«Maduro usurpateur.» On a vu ce slogan sur les affiches de protestataires, au Venezuela, lors de récentes manifestations de l'opposition. Le message est aussi clair que le constat est implacable : Nicolás Maduro est un président illégitime.

Le successeur d'Hugo Chávez a été réélu, l'an dernier, lors d'un scrutin truqué. Il est donc justifié de réclamer une nouvelle élection présidentielle et d'encourager l'armée à lâcher l'actuel chef d'État, comme l'ont fait le Canada et ses alliés du Groupe de Lima hier, en direct d'Ottawa.

C'est ce qu'ont fait aussi, à peu près au même moment, une vingtaine de pays européens. Ils ont annoncé hier qu'ils se rangeaient derrière l'opposant Juan Guaidó, politicien qui s'est autoproclamé président par intérim du pays le mois dernier.

Organiser une élection présidentielle «libre et juste» est d'autant plus urgent que la crise actuelle fait penser à des sables mouvants : le pays s'enfonce chaque jour un peu plus et semble incapable de s'en sortir.

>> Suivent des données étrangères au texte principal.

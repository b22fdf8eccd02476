//! Matrices of files, under new names.
ghost use Rattle.std.specs.Prelude.{◌≡◌, ◌<◌, ◌≤◌, ◌+◌, ◌-◌, ◌^◌, ◌⊎◌, IfErr, IfOk, Ok, OnOk, true};
ghost use Rattle.std.specs.Result.{is_err};
ghost use Rattle.model.specs.Loads.{file_in};
ghost use Rattle.model.specs.MatrixMarket.{matrix_in};
ghost use Rattle.session.specs.Performed.{made_in};

use crate::environment::{Environment, put};
use crate::sources::Sources;
use algebra::Domain;
use lines::Load;
use mmio::{FileReader, MmFault};
use model::Status;
use patch::EntrySummer;
use runner::Runner;
use std::alloc::Global;
use store::Tuples;

impl<R: Runner + Drop> Environment<R> {
    ghost use Rattle.script.specs.Named.{state_in};
    ghost use Rattle.script.specs.Replied.{EndsAsLoad};

    /// Makes a matrix of what a file holds, under a new name. An error leaves the objects as they were; where there was
    /// no memory for the name alone, the matrix' number is used up.
    pub fn load<F: FileReader + EntrySummer, S: Sources>(
        &mut self,
        reader: &F,
        sources: &S,
        load: Load<'_>,
    ) -> Result<(), Status>
        requires made { made_in self.old.session < 2 ^ 64 - 1 }
        ensures ends { EndsAsLoad (state_in self.old) load.entry.name.now load.entry.domain
            (file_in (S.held sources.now) load.entry.domain load.entry.file.now) (state_in self.new) result }
        ensures made { OnOk result (made_in self.new.session ≡ made_in self.old.session + 1) }
        ensures least { made_in self.old.session ≤ made_in self.new.session }
        ensures most { made_in self.new.session ≤ made_in self.old.session + 1 }
    {
        if self.numbers.contains_key(load.name) {
            return Err(Status::NameTaken);
        }
        let Some(bytes) = sources.bytes(load.file.as_bytes()) else {
            return Err(Status::NoFile);
        };
        let (rows, cols, entries) = matrix_of(reader, self.alloc, bytes, load.domain)?;
        let name = String::from_str(self.alloc, load.name)?;
        let object = self
            .session
            .load_by(reader, load.domain, rows, cols, entries)?;
        put(&mut self.numbers, &mut self.session, name, object)?;
        Ok(())
    }
}

/// The dimensions and the entries of the matrix that bytes stand for.
fn matrix_of<F: FileReader>(
    reader: &F,
    alloc: Global,
    bytes: &[u8],
    domain: Domain,
) -> Result<(u64, u64, Tuples), Status>
    ensures ok { IfOk result (λ m. matrix_in domain bytes.now
        ≡ Ok (record { rows = m.0; cols = m.1; entries = m.2 })) }
    ensures err { IfErr result (λ status. (status ≡ Status.OutOfMemory)
        ⊎ ((status ≡ Status.BadFile) × (is_err (matrix_in domain bytes.now) ≡ true))) }
{
    match reader.read_entries(alloc, bytes, domain) {
        Ok(matrix) => Ok(matrix),
        Err(MmFault::NoMemory) => Err(Status::OutOfMemory),
        Err(_) => Err(Status::BadFile),
    }
}
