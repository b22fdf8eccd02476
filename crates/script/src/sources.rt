//! Where the bytes of files come from.
ghost use Rattle.std.specs.Prelude.{◌≡◌, ℕ, List};
ghost use Rattle.std.specs.Option.{option_map};
ghost use Rattle.std.specs.declared.option.Option.{Option};

/// A source of files, which stay as they are.
pub trait Sources {
    // What each file holds, if it is there.
    ghost held: { Self → List ℕ → Option (List ℕ) };

    /// All the bytes of the file of a name, if it is there.
    fn bytes(&self, name: &[u8]) -> Option<&[u8]>
        ensures { option_map (λ bytes. bytes.now) result ≡ held self.now name.now };
}
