//! The texts of objects.
ghost use Rattle.std.specs.Prelude.{◌≡◌, ◌++◌, OnErr, OnOk};
ghost use Rattle.std.specs.List.{flat_map};
ghost use Rattle.model.specs.Run.{object_at};
ghost use Rattle.model.specs.Text.{canonical_lines, ended};
ghost use Rattle.session.specs.Performed.{IsPerformed, environment_of};

use mmio::{FileWriter, write_by};
use model::{Act, Call, Status};
use runner::Runner;
use session::{Obj, Session};

/// Appends the canonical text of an object of a session, whose objects stay as they are. An error leaves what it is
/// appended to as it was.
pub fn print<W: FileWriter, R: Runner + Drop>(
    writer: &W,
    session: &mut Session<R>,
    object: Obj,
    text: &mut Vec<u8>,
) -> Result<(), Status>
    ensures performed { IsPerformed session.old session.new (Call.On object Act.Print) result }
    ensures lines { OnOk result (text.new.items ≡ text.old.items
        ++ flat_map ended (canonical_lines (object_at (environment_of session.old) object))) }
    ensures err { OnErr result (text.new.items ≡ text.old.items) }
{
    let shape = session.shape(object)?;
    let domain = session.domain(object)?;
    let store = session.store(object)?;
    write_by(writer, store, shape, domain, text)?;
    Ok(())
}
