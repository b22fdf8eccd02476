//! Names to the objects that they stand for.

use crate::environment::Environment;
use model::Lookup;
use runner::Runner;
use session::Obj;

impl<'a, R: Runner + Drop> Lookup<&'a str> for Environment<R> {
    ghost use Rattle.script.specs.Named.{number_in};

    type Found = Obj;

    ghost found = { λ names name. number_in names name.now };

    fn find(&self, name: &'a str) -> Option<Obj> {
        self.numbers.get(name).copied()
    }
}
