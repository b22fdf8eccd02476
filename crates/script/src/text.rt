//! Answers as text.
ghost use Rattle.std.specs.Prelude.{◌≡◌, ◌++◌, ◌∷◌, [], OnOk, decimal};
ghost use Rattle.std.specs.Fmt.{signed_decimal};
ghost use Rattle.std.specs.List.{flat_map};
ghost use Rattle.model.specs.Text.{ended, status_name};

use itoa::Buffer;
use model::Status;
use std::alloc::AllocError;

/// Appends an answer's first line: its number and the name of its status.
pub fn write_status(out: &mut Vec<u8>, number: u64, status: Status) -> Result<(), AllocError>
    ensures { OnOk result (out.new.items ≡ out.old.items ++ (decimal number ++ 32 ∷ ended (status_name status))) }
{
    write_number(out, number)?;
    out.push(b' ')?;
    out.extend_from_slice(status.name().as_bytes())?;
    out.push(b'\n')?;
    Ok(())
}

/// Appends a number as a data line.
pub fn write_number_line(out: &mut Vec<u8>, number: u64) -> Result<(), AllocError>
    ensures { OnOk result (out.new.items ≡ out.old.items ++ flat_map ended (decimal number ∷ [])) }
{
    write_number(out, number)?;
    out.push(b'\n')?;
    Ok(())
}

/// Appends a value as a data line.
pub fn write_value_line(out: &mut Vec<u8>, value: i128) -> Result<(), AllocError>
    ensures { OnOk result (out.new.items ≡ out.old.items ++ flat_map ended (signed_decimal value ∷ [])) }
{
    let mut buffer = Buffer::new();
    out.extend_from_slice(buffer.format(value).as_bytes())?;
    out.push(b'\n')?;
    Ok(())
}

fn write_number(out: &mut Vec<u8>, number: u64) -> Result<(), AllocError>
    ensures { OnOk result (out.new.items ≡ out.old.items ++ decimal number) }
{
    let mut buffer = Buffer::new();
    out.extend_from_slice(buffer.format(number).as_bytes())
}
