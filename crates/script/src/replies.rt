//! The data lines of what calls answer.
ghost use Rattle.std.specs.Prelude.{◌≡◌, ◌++◌, OnErr, OnOk};
ghost use Rattle.std.specs.List.{flat_map};
ghost use Rattle.model.specs.Text.{ended};
ghost use Rattle.script.specs.Named.{HasLines, reply_lines};

use crate::text;
use session::Reply;
use std::alloc::AllocError;

/// Appends the data lines of a reply.
pub fn write_reply(reply: Reply, text: &mut Vec<u8>) -> Result<(), AllocError>
    ensures ok { OnOk result (text.new.items ≡ text.old.items ++ flat_map ended (reply_lines reply)) }
    ensures err { OnErr result (HasLines reply) }
{
    match reply {
        Reply::Done | Reply::Made(_) => Ok(()),
        Reply::Value(value) => text::write_value_line(text, value),
        Reply::Count(number) => text::write_number_line(text, number),
    }
}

Sur le terrain, la crise économique s'est envenimée au point de devenir un drame humanitaire qui s'est lui-même transformé en une crise régionale. La responsabilité du régime vénézuélien dans ce désastre ne fait aucun doute.

La plupart des Vénézuéliens vivent désormais dans la pauvreté. La situation est si catastrophique que plus de 2 millions d'entre eux ont décidé de fuir ce pays de 32 millions d'habitants.

Il faut saluer, en ce sens, l'aide de 53 millions annoncée hier par Ottawa pour atténuer les souffrances des Vénézuéliens. Reste à voir comment elle pourra arriver à bon port, rapidement.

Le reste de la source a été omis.